The leadership pressure is different now, Grote said, and mostly because his McDonald's experience made him a wiser man and a smarter operator. Not only did it help him see the pizza business in a new light, it uncovered the business potential of his daughter, Jane Grote-Abel.
Bill Rose, who McDonald's installed as president of Donatos when it bought the chain, expanded Jane's duties beyond the human resources department by adding oversight of areas in development and operations.
"Bill saw things in her that her dad might not have," Grote said softly. "He saw her afresh and she really flourished during that time. And now she's the chief operating officer."

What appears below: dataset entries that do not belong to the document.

ghost use Rattle.std.specs.Prelude.{◌≡◌, pos, negsuc, map, Some};
ghost use Rattle.sopl_ast.specs.Cells.{Cell, cells};
ghost use Rattle.sopl_ast.specs.Optimal.{IsInfeasible};
ghost use Rattle.policy_tree.specs.WorkedOptima.{ordering, ordering_keys, ordering_worth, guessing};

/// The cells and some values of `ordering`, and that `guessing` has no policy that satisfies.
/// `negsuc 1` is -2.
pub fn worked_values()
    ensures keys { map (λ (cell : Cell). cell.key) (cells ordering) ≡ ordering_keys }
    ensures mixed { ordering_worth (pos 3) (pos 1) (pos 3) ≡ Some (negsuc 1) }
    ensures zeros { ordering_worth (pos 0) (pos 0) (pos 0) ≡ Some (pos 0) }
    ensures ones { ordering_worth (pos 1) (pos 1) (pos 1) ≡ Some (pos 2) }
    ensures infeasible { IsInfeasible guessing }
{}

Does that ensure her ascent to the Donatos throne when her father retires? Grote smiles and nods, but said he's not leaving anytime soon.
"I can't believe how getting the company back has energized me," he said. "Part of that energy is coming from Jane and the young team I've got around me, and part of it is just being challenged in a new way. As far as my time here goes, though, I'll be doing something with it as long as there's Donatos."